→ **ABOUT THIS TASK**: Look through the entries below and report every line that has "Path".

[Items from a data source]
--
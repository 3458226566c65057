ghost use Rattle.std.specs.Prelude.{◌≡◌, ◌++◌, OnOk};
ghost use Rattle.field_reader.specs.Reads.{Takes};
ghost use Rattle.history_text.specs.Formats.{row_read};
ghost use Rattle.trace_text.specs.Events.{cache_rows, event_format, event_shape, packet_rows, stream_rows};

use crate::field::{put_four, put_one, put_three, put_two, spaced};
use field_reader::{FieldEnd, Reader};
use link_plan::Fate;
use process_machine::{Call, Reply};
use sprite_ids::{
    BlockNo, CacheMode, CallKind, FileId, Kernel, Mode, NoMemory, Pid, StreamNo, TxNo,
};
use sprite_paths::Path;
use std::alloc::Global;
use unix_calls::{About, DropCause, Entry, Event, SendKind};

/// Puts an event's name and its fields at the end, each but the first behind a space. The one error is want of memory; a part
/// may be there then.
pub(crate) fn put_event(alloc: Global, out: &mut Vec<u8>, event: &Event) -> Result<(), NoMemory>
    ensures { OnOk result (out.new.items ≡ out.old.items ++ (event_shape event.now).printed) }
{
    match event {
        Event::Burst { pid, count } => put_two(alloc, out, b"Burst", pid, count),
        Event::Issue { pid, number, call } => put_three(alloc, out, b"Issue", pid, number, call),
        Event::Enter { entry } => put_one(alloc, out, b"Enter", entry),
        Event::Return { pid, number, reply } => put_three(
            alloc, out, b"Return", pid, number, reply,
        ),
        Event::Send {
            tx,
            to,
            about,
            kind,
        } => put_four(alloc, out, b"Send", tx, to, about, kind),
        Event::Fault { a, b, fate } => put_three(alloc, out, b"Fault", a, b, fate),
        Event::Deliver {
            tx,
            from,
            reply,
            about,
        } => put_four(alloc, out, b"Deliver", tx, from, reply, about),
        Event::Expire { tx, last } => put_two(alloc, out, b"Expire", tx, last),
        Event::Grant {
            file,
            to,
            stamp,
            mode,
        } => put_four(alloc, out, b"Grant", file, to, stamp, mode),
        Event::Callback {
            file,
            to,
            stamp,
            kind,
        } => put_four(alloc, out, b"Callback", file, to, stamp, kind),
        Event::Mode { file, stamp, mode } => put_three(alloc, out, b"Mode", file, stamp, mode),
        Event::Filled { file, block } => put_two(alloc, out, b"Filled", file, block),
        Event::Dropped { file, block, cause } => put_three(
            alloc, out, b"Dropped", file, block, cause,
        ),
        Event::Dirtied { file, block } => put_two(alloc, out, b"Dirtied", file, block),
        Event::WroteBack { file, block } => put_two(alloc, out, b"WroteBack", file, block),
        Event::Opened {
            file,
            stream,
            kernel,
            mode,
        } => put_four(alloc, out, b"Opened", file, stream, kernel, mode),
        Event::Closed {
            file,
            stream,
            kernel,
            mode,
        } => put_four(alloc, out, b"Closed", file, stream, kernel, mode),
        Event::Shared { file, stream } => put_two(alloc, out, b"Shared", file, stream),
        Event::Learned { prefix, server } => put_two(alloc, out, b"Learned", prefix, server),
        Event::Freeze { pid } => put_one(alloc, out, b"Freeze", pid),
        Event::Thaw { pid } => put_one(alloc, out, b"Thaw", pid),
    }
}

/// Reads the event that is printed at the front. NotSpelled comes exactly where none is printed there; some bytes may be read
/// then.
pub(crate) fn read_event(alloc: Global, from: &mut Reader) -> Result<Event, FieldEnd>
    ensures { Takes (event_format.read from.old) result from.new }
{
    let name = from.word();
    if name == b"Burst".as_slice() {
        let (pid, count) = spaced::<(Pid, u32)>(alloc, from)?;
        Ok(Event::Burst { pid, count })
    } else if name == b"Issue".as_slice() {
        let (pid, (number, call)) = spaced::<(Pid, (u32, Call))>(alloc, from)?;
        Ok(Event::Issue { pid, number, call })
    } else if name == b"Enter".as_slice() {
        Ok(Event::Enter {
            entry: spaced::<Entry>(alloc, from)?,
        })
    } else if name == b"Return".as_slice() {
        let (pid, (number, reply)) = spaced::<(Pid, (u32, Reply))>(alloc, from)?;
        Ok(Event::Return { pid, number, reply })
    } else {
        read_packet_event(alloc, name, from)
    }
}

// Reads the fields of the event of that name, of a packet, or of a later kind.
fn read_packet_event(alloc: Global, name: &[u8], from: &mut Reader) -> Result<Event, FieldEnd>
    ensures { Takes (row_read packet_rows name.now from.old) result from.new }
{
    if name == b"Send".as_slice() {
        let (tx, (to, (about, kind))) = spaced::<(TxNo, (Kernel, (Option<About>, SendKind)))>(
            alloc, from,
        )?;
        Ok(Event::Send {
            tx,
            to,
            about,
            kind,
        })
    } else if name == b"Fault".as_slice() {
        let (a, (b, fate)) = spaced::<(Kernel, (Kernel, Fate))>(alloc, from)?;
        Ok(Event::Fault { a, b, fate })
    } else if name == b"Deliver".as_slice() {
        let (tx, (sender, (reply, about))) = spaced::<(TxNo, (Kernel, (bool, Option<About>)))>(
            alloc, from,
        )?;
        Ok(Event::Deliver {
            tx,
            from: sender,
            reply,
            about,
        })
    } else if name == b"Expire".as_slice() {
        let (tx, last) = spaced::<(TxNo, bool)>(alloc, from)?;
        Ok(Event::Expire { tx, last })
    } else {
        read_cache_event(alloc, name, from)
    }
}

// Reads the fields of the event of that name, of a grant, a callback or a block, or of a later kind.
fn read_cache_event(alloc: Global, name: &[u8], from: &mut Reader) -> Result<Event, FieldEnd>
    ensures { Takes (row_read cache_rows name.now from.old) result from.new }
{
    if name == b"Grant".as_slice() {
        let (file, (to, (stamp, mode))) = spaced::<(FileId, (Kernel, (u32, CacheMode)))>(
            alloc, from,
        )?;
        Ok(Event::Grant {
            file,
            to,
            stamp,
            mode,
        })
    } else if name == b"Callback".as_slice() {
        let (file, (to, (stamp, kind))) = spaced::<(FileId, (Kernel, (u32, CallKind)))>(
            alloc, from,
        )?;
        Ok(Event::Callback {
            file,
            to,
            stamp,
            kind,
        })
    } else if name == b"Mode".as_slice() {
        let (file, (stamp, mode)) = spaced::<(FileId, (u32, CacheMode))>(alloc, from)?;
        Ok(Event::Mode { file, stamp, mode })
    } else if name == b"Filled".as_slice() {
        let (file, block) = spaced::<(FileId, BlockNo)>(alloc, from)?;
        Ok(Event::Filled { file, block })
    } else if name == b"Dropped".as_slice() {
        let (file, (block, cause)) = spaced::<(FileId, (BlockNo, DropCause))>(alloc, from)?;
        Ok(Event::Dropped { file, block, cause })
    } else if name == b"Dirtied".as_slice() {
        let (file, block) = spaced::<(FileId, BlockNo)>(alloc, from)?;
        Ok(Event::Dirtied { file, block })
    } else if name == b"WroteBack".as_slice() {
        let (file, block) = spaced::<(FileId, BlockNo)>(alloc, from)?;
        Ok(Event::WroteBack { file, block })
    } else {
        read_stream_event(alloc, name, from)
    }
}

// Reads the fields of the event of that name, of a stream, a prefix or a move.
fn read_stream_event(alloc: Global, name: &[u8], from: &mut Reader) -> Result<Event, FieldEnd>
    ensures { Takes (row_read stream_rows name.now from.old) result from.new }
{
    if name == b"Opened".as_slice() {
        let (file, (stream, (kernel, mode))) = spaced::<(FileId, (StreamNo, (Kernel, Mode)))>(
            alloc, from,
        )?;
        Ok(Event::Opened {
            file,
            stream,
            kernel,
            mode,
        })
    } else if name == b"Closed".as_slice() {
        let (file, (stream, (kernel, mode))) = spaced::<(FileId, (StreamNo, (Kernel, Mode)))>(
            alloc, from,
        )?;
        Ok(Event::Closed {
            file,
            stream,
            kernel,
            mode,
        })
    } else if name == b"Shared".as_slice() {
        let (file, stream) = spaced::<(FileId, StreamNo)>(alloc, from)?;
        Ok(Event::Shared { file, stream })
    } else if name == b"Learned".as_slice() {
        let (prefix, server) = spaced::<(Path, Kernel)>(alloc, from)?;
        Ok(Event::Learned { prefix, server })
    } else if name == b"Freeze".as_slice() {
        Ok(Event::Freeze {
            pid: spaced::<Pid>(alloc, from)?,
        })
    } else if name == b"Thaw".as_slice() {
        Ok(Event::Thaw {
            pid: spaced::<Pid>(alloc, from)?,
        })
    } else {
        Err(FieldEnd::NotSpelled)
    }
}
--
→ **PROBLEM SOLUTION**:
use sprite_paths::Path;
        let (prefix, server) = spaced::<(Path, Kernel)>(alloc, from)?;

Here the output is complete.